-- ACTIVITY --
Whenever a line of the entries below holds the string "Returned", copy that line and return it.

(AVAILABLE DATA Opens)

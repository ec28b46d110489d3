//! The edges that the statements of a function give, by the numbers of their nodes.

ghost use Rattle.std.specs.Prelude.{◌≡◌, ℕ, ◌<◌, ◌^◌, ◌↔◌, Contains, IfNone, IfOk, IfSome, Some, length, slice_get};
ghost use Rattle.shade_core.specs.Code.{code_of};
ghost use Rattle.shade_flow.specs.Exact.{IsNumbered, IsReachingOf};
ghost use Rattle.shade_graph.specs.Order.{IsAscending};
ghost use Rattle.shade_graph.specs.declared.node.Node.{Node};
ghost use Rattle.shade_uniformity.specs.Edges.{IsNode};
ghost use Rattle.shade_uniformity.specs.Joined.{AreGiven, AreJoined, Keeps};
ghost use Rattle.shade_uniformity.specs.Visits.{AreAnalysed};

use crate::all_rows::rows_of;
use crate::rows::Given;
use crate::walk::Spot;
use shade_core::{CoreFunction, CoreModule};
use shade_flow::Reaching;
use shade_graph::Node;
use std::alloc::{AllocError, Global};

/// An edge that a statement gives: the numbers of the statement and of both nodes.
#[derive(Clone, Copy, Debug, PartialEq, Eq)]
pub struct Joined {
    pub statement: u32,
    pub from: u32,
    pub to: u32,
}

/// The place of a node in node order.
fn place_of(nodes: &[Node], node: Node) -> Option<usize>
    requires { IsAscending nodes.now }
    ensures some { IfSome result (λ place. slice_get nodes.now place ≡ Some node) }
    ensures none { IfNone result ((place : ℕ) → slice_get nodes.now place ≡ Some node → ⊥) }
{
    nodes.binary_search(&node).ok()
}

/// Adds the edge of a row where both its ends are nodes.
fn add_joined(nodes: &[Node], row: Given, edges: &mut Vec<Joined>) -> Result<(), AllocError>
    requires ascending { IsAscending nodes.now }
    requires count { length nodes.now < 2 ^ 32 }
    ensures { IfOk result (λ _. Keeps nodes.now row edges.old.items edges.new.items) }
{
    let Some(from) = place_of(nodes, row.from) else {
        return Ok(());
    };
    let Some(to) = place_of(nodes, row.to) else {
        return Ok(());
    };
    edges.push(Joined {
        statement: row.statement,
        from: from as u32,
        to: to as u32,
    })?;
    Ok(())
}

/// The edges of the rows whose ends both are nodes.
fn all_joined(alloc: Global, nodes: &[Node], rows: &[Given]) -> Result<Vec<Joined>, AllocError>
    requires ascending { IsAscending nodes.now }
    requires count { length nodes.now < 2 ^ 32 }
    ensures { IfOk result (λ edges. AreJoined nodes.now rows.now edges.items) }
{
    let mut edges = Vec::new(alloc);
    'rows: for row in rows {
        add_joined(nodes, *row, &mut edges)?;
    }
    Ok(edges)
}

/// The edges that the analysed statements of a function of a module give by the rules of their own kinds, from the nodes of the function in node
/// order. What calls add by tags is not among them. What is kept in `reaching` is that of this function, whose statements are numbered in
/// structure order.
///
/// Takes memory for each row, and for each the time of two searches among the nodes, beside what `rows_of` takes. Nodes and parameters have
/// numbers of 32 bits.
pub fn given_edges(
    alloc: Global,
    checked: &CoreModule,
    function: &CoreFunction,
    reaching: &Reaching,
    spots: &[Spot<'_>],
    nodes: &[Node],
) -> Result<Vec<Joined>, AllocError>
    requires analysed { AreAnalysed function.now.body spots.now }
    requires kept { IsReachingOf function.now reaching.now }
    requires numbered { IsNumbered (code_of function.now.body) }
    requires params { length function.now.params < 2 ^ 32 }
    requires nodes { (node : Node) → Contains nodes.now node ↔ IsNode checked.now function.now node }
    requires ascending { IsAscending nodes.now }
    requires count { length nodes.now < 2 ^ 32 }
    ensures { IfOk result (λ edges. AreGiven checked.now function.now nodes.now edges.items) }
{
    let rows = rows_of(alloc, checked, function, reaching, spots)?;
    let edges = all_joined(alloc, nodes, &rows)?;
    Ok(edges)
}
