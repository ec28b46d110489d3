//! The analysed statements of a function: one walk over its statements.

ghost use Rattle.std.specs.Prelude.{◌≡◌, ◌++◌, ◌&&◌, ◌∷◌, [], true, map, IfOk, OnOk};
ghost use Rattle.shade_core.specs.Behaviour.{behaviour};
ghost use Rattle.shade_core.specs.Code.{act_code, code_of, done, part_code, parts_from};
ghost use Rattle.shade_core.specs.declared.statement.Act.{out-Act};
ghost use Rattle.shade_flow.specs.Counted.{are_few};
ghost use Rattle.shade_graph.specs.Graph.{end_of};
ghost use Rattle.shade_graph.specs.declared.node.Node.TheVariants.{Start};
ghost use Rattle.shade_uniformity.specs.Visits.{AreAnalysed, few_parts, layer_few, layer_inner, layer_spans, part_visits, span, spans_of, statement_visits, visit_of, visits};

use shade_core::{Act, Behaviour, CoreStatement, SwitchPart};
use shade_graph::Node;
use sqlite_items::Items;
use std::alloc::{AllocError, Global};

/// A part of a statement: the number of the statement and its own, and the node of control at its end.
#[derive(Clone, Copy, Debug, PartialEq, Eq)]
pub struct PartSpan {
    pub statement: u32,
    pub which: u32,
    pub end: Node,
}

/// An analysed statement: the node from which control comes to it, how control may go on behind it, and its parts in order.
#[derive(Drop)]
pub struct Spot<'m> {
    pub statement: &'m CoreStatement,
    pub under: Node,
    pub ways: Behaviour,
    pub parts: Vec<PartSpan>,
}

/// Analysed statements of a module.
pub type Spots<'m> = Vec<Spot<'m>>;

/// How control leaves a list of statements: the ways behind it, and the node of control at the end of its analysed statements.
#[derive(Clone, Copy, Debug, PartialEq, Eq)]
struct ListEnd {
    ways: Behaviour,
    node: Node,
}

/// How control leaves a statement, and its parts.
#[derive(Drop)]
struct Inside {
    ways: Behaviour,
    parts: Vec<PartSpan>,
}

/// What is inside a statement without parts.
fn simple(alloc: Global, ways: Behaviour) -> Inside
    ensures ways { result.ways ≡ ways }
    ensures parts { result.parts.items ≡ [] }
{
    Inside {
        ways,
        parts: Vec::new(alloc),
    }
}

/// What is inside a statement with two parts, which end at these nodes.
fn two_parts(
    alloc: Global,
    number: u32,
    ways: Behaviour,
    first: Node,
    second: Node,
) -> Result<Inside, AllocError>
    ensures ways { IfOk result (λ inside. inside.ways ≡ ways) }
    ensures parts { IfOk result (λ inside. inside.parts.items ≡ span number 0 first ∷ (span number 1 second ∷ [])) }
{
    let mut parts = Vec::new(alloc);
    parts.push(PartSpan {
        statement: number,
        which: 0,
        end: first,
    })?;
    parts.push(PartSpan {
        statement: number,
        which: 1,
        end: second,
    })?;
    Ok(Inside { ways, parts })
}

/// Adds the analysed statements of the parts of an act, and tells how control leaves it.
#[cycle(walk)]
fn walk_act<'m>(
    alloc: Global,
    act: &'m Act,
    number: u32,
    out: &mut Spots<'m>,
) -> Result<Inside, AllocError>
    requires { layer_few (out-Act act.now) ≡ true }
    ensures visits { OnOk result (map visit_of out.new.items ≡ map visit_of out.old.items ++ layer_inner number (out-Act act.now)) }
    ensures ways { IfOk result (λ inside. inside.ways ≡ behaviour (act_code act.now 0 done)) }
    ensures parts { IfOk result (λ inside. inside.parts.items ≡ layer_spans number (out-Act act.now)) }
{
    match act {
        Act::If { yes, no, .. } => {
            let one = walk_list(alloc, yes, Node::Part(number, 0), out)?;
            let two = walk_list(alloc, no, Node::Part(number, 1), out)?;
            two_parts(alloc, number, one.ways.joined(two.ways), one.node, two.node)
        }
        Act::Switch { parts, .. } => {
            let all = walk_parts(alloc, parts, number, out)?;
            Ok(Inside {
                ways: all.ways.after_switch(),
                parts: all.parts,
            })
        }
        Act::Loop {
            body,
            continuing,
            leave,
        } => {
            let one = walk_list(alloc, body, Node::Part(number, 0), out)?;
            let two = walk_list(alloc, continuing, Node::Part(number, 1), out)?;
            let ways = one.ways.joined(two.ways).after_loop(leave.is_some());
            two_parts(alloc, number, ways, one.node, two.node)
        }
        Act::Break => Ok(simple(alloc, Behaviour::BREAK)),
        Act::Continue => Ok(simple(alloc, Behaviour::CONTINUE)),
        Act::Return { .. } => Ok(simple(alloc, Behaviour::RETURN)),
        _ => Ok(simple(alloc, Behaviour::NEXT)),
    }
}

/// Adds the analysed statements of the parts of a statement, and then itself, and tells how control may go on behind it.
#[cycle(walk)]
fn walk_statement<'m>(
    alloc: Global,
    statement: &'m CoreStatement,
    under: Node,
    out: &mut Spots<'m>,
) -> Result<Behaviour, AllocError>
    requires { layer_few (out-Act statement.now.act) ≡ true }
    ensures visits { OnOk result (map visit_of out.new.items ≡ map visit_of out.old.items ++ statement_visits under statement.now) }
    ensures ways { IfOk result (λ ways. ways ≡ behaviour (act_code statement.now.act 0 done)) }
{
    let Inside { ways, parts } = walk_act(alloc, &statement.act, statement.number, out)?;
    out.push(Spot {
        statement,
        under,
        ways,
        parts,
    })?;
    Ok(ways)
}

/// Adds the analysed statements of a list that begins under a node, and tells how control leaves it.
#[cycle(walk)]
fn walk_list<'m>(
    alloc: Global,
    statements: &'m Items<CoreStatement>,
    under: Node,
    out: &mut Spots<'m>,
) -> Result<ListEnd, AllocError>
    requires { few_parts (code_of statements.now) ≡ true }
    ensures visits { OnOk result (map visit_of out.new.items ≡ map visit_of out.old.items ++ visits under (code_of statements.now)) }
    ensures ways { IfOk result (λ end. end.ways ≡ behaviour (code_of statements.now)) }
    ensures node { IfOk result (λ end. end.node ≡ end_of under (code_of statements.now)) }
{
    let mut end = ListEnd {
        ways: Behaviour::NEXT,
        node: under,
    };
    'statements: for statement in statements.as_slice() {
        let ways = walk_statement(alloc, statement, end.node, out)?;
        end = ListEnd {
            ways: end.ways.then(ways),
            node: Node::After(statement.number),
        };
        if !ways.next {
            return Ok(end);
        }
    }
    Ok(end)
}

/// Adds the analysed statements of the parts of a switch, and tells the union of their ways, and the parts.
#[cycle(walk)]
fn walk_parts<'m>(
    alloc: Global,
    parts: &'m Items<SwitchPart>,
    number: u32,
    out: &mut Spots<'m>,
) -> Result<Inside, AllocError>
    requires { (are_few parts.now && few_parts (parts_from 0 0 (map part_code parts.now))) ≡ true }
    ensures visits { OnOk result (map visit_of out.new.items ≡ map visit_of out.old.items ++ part_visits (parts_from number 0 (map part_code parts.now))) }
    ensures ways { IfOk result (λ inside. inside.ways ≡ behaviour (parts_from 0 0 (map part_code parts.now))) }
    ensures parts { IfOk result (λ inside. inside.parts.items ≡ spans_of (parts_from number 0 (map part_code parts.now))) }
{
    let mut ways = Behaviour::NONE;
    let mut spans = Vec::new(alloc);
    let mut which = 0;
    'parts: for part in parts.as_slice() {
        let end = walk_list(alloc, &part.body, Node::Part(number, which), out)?;
        ways = ways.joined(end.ways);
        spans.push(PartSpan {
            statement: number,
            which,
            end: end.node,
        })?;
        which += 1;
    }
    Ok(Inside { ways, parts: spans })
}

/// The analysed statements of a body, each of whose switches has fewer than 2^32 parts: those in the parts of a statement before it.
///
/// Takes time and memory in the order of the statements.
pub fn analysed<'m>(alloc: Global, body: &'m Items<CoreStatement>) -> Result<Spots<'m>, AllocError>
    requires { few_parts (code_of body.now) ≡ true }
    ensures visits { IfOk result (λ spots. map visit_of spots.items ≡ visits Start (code_of body.now)) }
    ensures exact { IfOk result (λ spots. AreAnalysed body.now spots.items) }
{
    let mut out = Vec::new(alloc);
    walk_list(alloc, body, Node::Start, &mut out)?;
    Ok(out)
}
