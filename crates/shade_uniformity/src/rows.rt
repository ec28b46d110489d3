//! The rows of analysed statements: what each gives by the rules of its own kind, but for the definitions that reach it.

ghost use Rattle.std.specs.Prelude.{◌≡◌, ◌++◌, ◌∷◌, [], IfOk};
ghost use Rattle.std.specs.List.{flat_map};
ghost use Rattle.shade_core.specs.Standing.{act_head};
ghost use Rattle.shade_core.specs.declared.statement.Act.{out-Act};
ghost use Rattle.shade_uniformity.specs.declared.walk.Spot.{Spot};
ghost use Rattle.shade_uniformity.specs.RowLists.{base_rows, differs_rows, given, head_rows, load_rows, loop_rows, operand_rows, operands_rows, selected_rows, simple_rows, step_rows, steps_rows, store_rows, turn_rows, uniform_load_rows, value_rows, view_rows, visit_rows};
ghost use Rattle.shade_uniformity.specs.Visits.{visit_of};

use crate::differs::may_differ;
use crate::walk::{PartSpan, Spot};
use shade_base::Severity;
use shade_core::{Act, Base, CoreFunction, CoreModule, Operand, View, ViewStep};
use shade_graph::Node;
use sqlite_items::Items;
use std::alloc::AllocError;

/// An edge that a statement gives where both its ends are nodes.
#[derive(Clone, Copy, Debug, PartialEq, Eq)]
pub struct Given {
    pub statement: u32,
    pub from: Node,
    pub to: Node,
}

/// Adds a row.
pub fn add_row(
    statement: u32,
    from: Node,
    to: Node,
    rows: &mut Vec<Given>,
) -> Result<(), AllocError>
    ensures { IfOk result (λ _. rows.new.items ≡ rows.old.items ++ given statement from to ∷ []) }
{
    rows.push(Given {
        statement,
        from,
        to,
    })?;
    Ok(())
}

/// Adds the row to the node of an operand, where it has one.
fn add_operand(
    statement: u32,
    from: Node,
    operand: &Operand,
    rows: &mut Vec<Given>,
) -> Result<(), AllocError>
    ensures { IfOk result (λ _. rows.new.items ≡ rows.old.items ++ operand_rows statement from operand.now) }
{
    match operand {
        Operand::Constant(_, _) => Ok(()),
        Operand::Param(number) => add_row(statement, from, Node::Param(*number), rows),
        Operand::Temp(number) => add_row(statement, from, Node::Value(*number), rows),
    }
}

/// Adds the rows to the nodes of operands.
fn add_operands(
    statement: u32,
    from: Node,
    operands: &Items<Operand>,
    rows: &mut Vec<Given>,
) -> Result<(), AllocError>
    ensures { IfOk result (λ _. rows.new.items ≡ rows.old.items ++ operands_rows statement from operands.now) }
{
    'operands: for operand in operands.as_slice() {
        add_operand(statement, from, operand, rows)?;
    }
    Ok(())
}

/// Adds the row to the node of a value, where there is one.
fn add_value(
    statement: u32,
    from: Node,
    value: &Option<Operand>,
    rows: &mut Vec<Given>,
) -> Result<(), AllocError>
    ensures { IfOk result (λ _. rows.new.items ≡ rows.old.items ++ value_rows statement from value.now) }
{
    match value {
        Some(operand) => add_operand(statement, from, operand, rows),
        None => Ok(()),
    }
}

/// Adds the row to the node of the operand of a step, where it has one.
fn add_step(
    statement: u32,
    from: Node,
    step: &ViewStep,
    rows: &mut Vec<Given>,
) -> Result<(), AllocError>
    ensures { IfOk result (λ _. rows.new.items ≡ rows.old.items ++ step_rows statement from step.now) }
{
    match step {
        ViewStep::Member(_) => Ok(()),
        ViewStep::Index(operand) => add_operand(statement, from, operand, rows),
    }
}

/// Adds the rows to the nodes of the operands of steps.
fn add_steps(
    statement: u32,
    from: Node,
    steps: &Items<ViewStep>,
    rows: &mut Vec<Given>,
) -> Result<(), AllocError>
    ensures { IfOk result (λ _. rows.new.items ≡ rows.old.items ++ steps_rows statement from steps.now) }
{
    'steps: for step in steps.as_slice() {
        add_step(statement, from, step, rows)?;
    }
    Ok(())
}

/// Adds the row to the parameter that points to a variable, where one does.
fn add_base(statement: u32, from: Node, base: Base, rows: &mut Vec<Given>) -> Result<(), AllocError>
    ensures { IfOk result (λ _. rows.new.items ≡ rows.old.items ++ base_rows statement from base) }
{
    match base {
        Base::Local(_) | Base::Module(_) => Ok(()),
        Base::Pointee(param) => add_row(statement, from, Node::Param(param), rows),
    }
}

/// Adds the rows to what a view needs: its indices, and the parameter that it begins at.
fn add_view(
    statement: u32,
    from: Node,
    view: &View,
    rows: &mut Vec<Given>,
) -> Result<(), AllocError>
    ensures { IfOk result (λ _. rows.new.items ≡ rows.old.items ++ view_rows statement from view.now) }
{
    add_steps(statement, from, &view.steps, rows)?;
    add_base(statement, from, view.base, rows)
}

/// Adds the row of the value of a variable that may differ, where it may.
fn add_differs(
    checked: &CoreModule,
    function: &CoreFunction,
    number: u32,
    variable: Base,
    rows: &mut Vec<Given>,
) -> Result<(), AllocError>
    ensures { IfOk result (λ _. rows.new.items ≡ rows.old.items ++ differs_rows checked.now function.now number variable) }
{
    if may_differ(checked, function, variable) {
        add_row(number, Node::Value(number), Node::NonUniform, rows)?;
    }
    Ok(())
}

/// Adds what the value of a Load needs.
fn add_load(
    checked: &CoreModule,
    function: &CoreFunction,
    number: u32,
    view: &View,
    rows: &mut Vec<Given>,
) -> Result<(), AllocError>
    ensures { IfOk result (λ _. rows.new.items ≡ rows.old.items ++ load_rows checked.now function.now number view.now) }
{
    let value = Node::Value(number);
    add_row(number, value, Node::Before(number), rows)?;
    add_view(number, value, view, rows)?;
    add_differs(checked, function, number, view.base, rows)
}

/// Adds what a Store needs.
fn add_store(
    number: u32,
    view: &View,
    value: &Operand,
    rows: &mut Vec<Given>,
) -> Result<(), AllocError>
    ensures { IfOk result (λ _. rows.new.items ≡ rows.old.items ++ store_rows number view.now value.now) }
{
    let stored = Node::Stored(number, 0);
    add_row(number, stored, Node::Before(number), rows)?;
    add_operand(number, stored, value, rows)?;
    add_view(number, stored, view, rows)
}

/// Adds what a UniformLoad needs: that all lanes come there and with the same view, by its severity, and what its value needs.
fn add_uniform_load(
    number: u32,
    view: &View,
    severity: Severity,
    rows: &mut Vec<Given>,
) -> Result<(), AllocError>
    ensures { IfOk result (λ _. rows.new.items ≡ rows.old.items ++ uniform_load_rows number view.now severity) }
{
    let required = Node::Required(severity);
    add_row(number, required, Node::Before(number), rows)?;
    add_view(number, required, view, rows)?;
    add_row(number, Node::Value(number), Node::Before(number), rows)
}

/// Adds the rows of a statement without parts, but for control before and after it.
fn add_simple(
    checked: &CoreModule,
    function: &CoreFunction,
    number: u32,
    act: &Act,
    rows: &mut Vec<Given>,
) -> Result<(), AllocError>
    ensures { IfOk result (λ _. rows.new.items ≡ rows.old.items ++ simple_rows checked.now function.now number (act_head (out-Act act.now))) }
{
    let before = Node::Before(number);
    match act {
        Act::Set { args, .. } => {
            add_row(number, Node::Value(number), before, rows)?;
            add_operands(number, Node::Value(number), args, rows)
        }
        Act::Load { view } => add_load(checked, function, number, view, rows),
        Act::Declare { value, .. } => {
            add_row(number, Node::Stored(number, 0), before, rows)?;
            add_value(number, Node::Stored(number, 0), value, rows)
        }
        Act::Store { view, value } => add_store(number, view, value, rows),
        Act::Atomic { .. } => add_row(number, Node::Value(number), Node::NonUniform, rows),
        Act::Barrier { severity, .. } => {
            add_row(number, Node::Required(*severity), before, rows)
        }
        Act::UniformLoad { view, severity } => add_uniform_load(number, view, *severity, rows),
        Act::Length { .. } | Act::Call { .. } => {
            add_row(number, Node::Value(number), before, rows)
        }
        Act::Return { value } => {
            add_row(number, Node::Returned, before, rows)?;
            add_value(number, Node::Returned, value, rows)
        }
        _ => Ok(()),
    }
}

/// Adds the rows of a part that an operand takes, and of control behind its statement.
fn add_selected(
    number: u32,
    goes_on: bool,
    operand: &Operand,
    span: PartSpan,
    rows: &mut Vec<Given>,
) -> Result<(), AllocError>
    ensures { IfOk result (λ _. rows.new.items ≡ rows.old.items ++ selected_rows number goes_on operand.now span) }
{
    let before = Node::Before(span.statement);
    let begin = Node::Part(span.statement, span.which);
    add_row(number, begin, before, rows)?;
    add_operand(number, begin, operand, rows)?;
    let end = if goes_on { before } else { span.end };
    add_row(number, Node::After(span.statement), end, rows)
}

/// Adds the rows of the parts that an operand takes, and of control behind their statement.
fn add_parts(
    number: u32,
    goes_on: bool,
    operand: &Operand,
    parts: &[PartSpan],
    rows: &mut Vec<Given>,
) -> Result<(), AllocError>
    ensures { IfOk result (λ _. rows.new.items ≡ rows.old.items ++ flat_map (selected_rows number goes_on operand.now) parts.now) }
{
    'parts: for part in parts {
        add_selected(number, goes_on, operand, *part, rows)?;
    }
    Ok(())
}

/// Adds the rows of a Loop whose parts end at these nodes, and of control behind it.
fn add_turns(
    number: u32,
    goes_on: bool,
    leave: &Option<Operand>,
    body_end: Node,
    continuing_end: Node,
    rows: &mut Vec<Given>,
) -> Result<(), AllocError>
    ensures { IfOk result (λ _. rows.new.items ≡ rows.old.items ++ turn_rows number goes_on leave.now body_end continuing_end) }
{
    let before = Node::Before(number);
    let begin = Node::Part(number, 0);
    add_row(number, begin, before, rows)?;
    add_row(number, begin, continuing_end, rows)?;
    add_value(number, begin, leave, rows)?;
    add_row(number, Node::Part(number, 1), body_end, rows)?;
    let end = if goes_on { before } else { begin };
    add_row(number, Node::After(number), end, rows)
}

/// Adds the rows of a Loop with these parts.
fn add_loop(
    number: u32,
    goes_on: bool,
    leave: &Option<Operand>,
    parts: &[PartSpan],
    rows: &mut Vec<Given>,
) -> Result<(), AllocError>
    ensures { IfOk result (λ _. rows.new.items ≡ rows.old.items ++ loop_rows number goes_on leave.now parts.now) }
{
    match parts {
        [body, continuing] => { add_turns(number, goes_on, leave, body.end, continuing.end, rows) }
        _ => Ok(()),
    }
}

/// Adds the rows of a statement, but for control before it.
fn add_head(
    checked: &CoreModule,
    function: &CoreFunction,
    spot: &Spot<'_>,
    rows: &mut Vec<Given>,
) -> Result<(), AllocError>
    ensures { IfOk result (λ _. rows.new.items ≡ rows.old.items ++ head_rows checked.now function.now (visit_of spot.now).statement.number spot.now.ways spot.now.parts.items (visit_of spot.now).statement.head) }
{
    let number = spot.statement.number;
    let goes_on = spot.ways.goes_on();
    match &spot.statement.act {
        Act::If { cond, .. } => add_parts(number, goes_on, cond, &spot.parts, rows),
        Act::Switch { selector, .. } => add_parts(number, goes_on, selector, &spot.parts, rows),
        Act::Loop { leave, .. } => add_loop(number, goes_on, leave, &spot.parts, rows),
        act => {
            add_row(number, Node::After(number), Node::Before(number), rows)?;
            add_simple(checked, function, number, act, rows)
        }
    }
}

/// Adds the rows of an analysed statement.
fn add_spot(
    checked: &CoreModule,
    function: &CoreFunction,
    spot: &Spot<'_>,
    rows: &mut Vec<Given>,
) -> Result<(), AllocError>
    ensures { IfOk result (λ _. rows.new.items ≡ rows.old.items ++ visit_rows checked.now function.now (visit_of spot.now)) }
{
    let number = spot.statement.number;
    add_row(number, Node::Before(number), spot.under, rows)?;
    add_head(checked, function, spot, rows)
}

/// Adds the rows of analysed statements, but for those of definitions that reach them.
pub fn add_rows(
    checked: &CoreModule,
    function: &CoreFunction,
    spots: &[Spot<'_>],
    rows: &mut Vec<Given>,
) -> Result<(), AllocError>
    ensures { IfOk result (λ _. rows.new.items ≡ rows.old.items ++ flat_map (λ (s : Spot). visit_rows checked.now function.now (visit_of s)) spots.now) }
{
    'spots: for spot in spots {
        add_spot(checked, function, spot, rows)?;
    }
    Ok(())
}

(AVAILABLE DATA Closes)

-- OUTPUT FOR THIS TASK --
            add_row(number, Node::Returned, before, rows)?;
            add_value(number, Node::Returned, value, rows)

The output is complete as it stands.